Across the twentieth century, Earth's human population increased undeniably quickly, rising from 1.6 billion people in 1900 to 6.1 billion in 2000. As population grew, it also began to take the blame for some of the world's most serious problems, from global poverty to environmental degradation, and became an object of intervention for governments and nongovernmental organizations. But the links between population, poverty, and pollution were neither obvious nor uncontested.
Building the Population Bomb tells the story of the twentieth-century population crisis by examining how scientists, philanthropists, and governments across the globe came to define the rise of the world's human numbers as a problem. It narrates the history of demography and population control in the twentieth century, examining alliances and rivalries between natural scientists concerned about the depletion of the world's natural resources, social scientists concerned about a bifurcated global economy, philanthropists aiming to preserve American political and economic hegemony, and heads of state in the Global South seeking rapid economic development. It explains how these groups forged a consensus that promoted fertility limitation at the expense of women, people of color, the world's poor, and the Earth itself.

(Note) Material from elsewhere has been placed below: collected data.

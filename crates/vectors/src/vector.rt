// What vectors of every size have, and quaternions: lengths, and the tests of an argument.
ghost use Rattle.std.specs.Prelude.{◌≡◌, Bool, Float};
ghost use Rattle.std.specs.Float.{binary64, sqrt as root};
ghost use Rattle.fault.specs.Answers.{unless, within, ◌⨾◌, answer};
ghost use Rattle.fault.specs.declared.NumberFault.TheVariants.{NotFinite};
ghost use Rattle.fault.specs.declared.RotationFault.TheVariants.{Number, NotNormalized};
ghost use Rattle.vectors.specs.Lengths.{unit, recip};

use fault::{NumberFault, RotationFault, unless};
use numeric::sqrt;

pub trait Vector: Copy {
    ghost inner: { Self → Self → Float };

    ghost finite: { Self → Bool };

    ghost some_nan: { Self → Bool };

    // The dot product of `self` and `rhs`.
    fn dot(self, rhs: Self) -> f64
        ensures { result ≡ inner self rhs };

    // Whether every component is finite.
    fn is_finite(self) -> bool
        ensures { result ≡ finite self };

    // Whether some component is no number.
    fn is_nan(self) -> bool
        ensures { result ≡ some_nan self };

    // The length of `self`.
    fn length(self) -> f64
        ensures { result ≡ root binary64 (inner self self) }
    {
        sqrt(self.dot(self))
    }

    // The squared length of `self`.
    fn length_squared(self) -> f64
        ensures { result ≡ inner self self }
    {
        self.dot(self)
    }

    // `1.0 / length()`.
    fn length_recip(self) -> f64
        ensures { result ≡ recip (inner self self) }
    {
        1.0 / self.length()
    }

    // Whether the squared length is within 2e-4 of 1.
    fn is_normalized(self) -> bool
        ensures { result ≡ unit (inner self self) }
    {
        (self.length_squared() - 1.0).abs() <= 2e-4
    }

    // 1 where an argument of a call is not finite.
    fn check_finite(self, argument: u8) -> Result<(), NumberFault>
        ensures { result ≡ answer (unless (finite self) (NotFinite argument)) tt }
    {
        unless(self.is_finite(), NumberFault::NotFinite(argument))
    }

    // 3 where an argument that has to be normalised is not.
    fn check_normalized(self, argument: u8) -> Result<(), RotationFault>
        ensures { result ≡ answer (unless (unit (inner self self)) (NotNormalized argument)) tt }
    {
        unless(self.is_normalized(), RotationFault::NotNormalized(argument))
    }

    // What has to be normalised: 1, then 3.
    fn check_unit(self, argument: u8) -> Result<(), RotationFault>
        ensures { result ≡ answer (within Number (unless (finite self) (NotFinite argument)) ⨾ unless (unit (inner self self)) (NotNormalized argument)) tt }
    {
        self.check_finite(argument)?;
        self.check_normalized(argument)
    }

    // Two that have to be normalised, as arguments 0 and 1: 1 of each, then 3 of each.
    fn check_units(self, rhs: Self) -> Result<(), RotationFault>
        ensures { result ≡ answer (within Number (unless (finite self) (NotFinite 0) ⨾ unless (finite rhs) (NotFinite 1)) ⨾ unless (unit (inner self self)) (NotNormalized 0) ⨾ unless (unit (inner rhs rhs)) (NotNormalized 1)) tt }
    {
        self.check_finite(0)?;
        rhs.check_finite(1)?;
        self.check_normalized(0)?;
        rhs.check_normalized(1)
    }
}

As the world's population continues to grow – with the United Nations projecting 11 billion people by the year 2100 – Building the Population Bomb steps back from the conventional population debate to demonstrate that our anxieties about future population growth are not obvious but learned. Ultimately, this critical volume shows how population growth itself is not a barrier to economic, environmental, or reproductive justice; rather, it is our anxiety over population growth that distracts us from the pursuit of these urgent goals.
List of Figures
Acknowledgments
Abbreviations Used in Notes
Introduction
1. Quantity and Quality
2. Family Planning
3. Global Population
4. Population Consensus
5. Demography as Diplomacy
6. Detonating the Population Bomb
Epilogue
Notes
Bibliography
Index
Emily Klancher Merchant is Assistant Professor of Science and Technology Studies at the University of California, Davis. She has published work on historical demography and environmental history in the Journal of Interdisciplinary History, Social Science History, International Migration Review, and Proceedings of the National Academy of Sciences.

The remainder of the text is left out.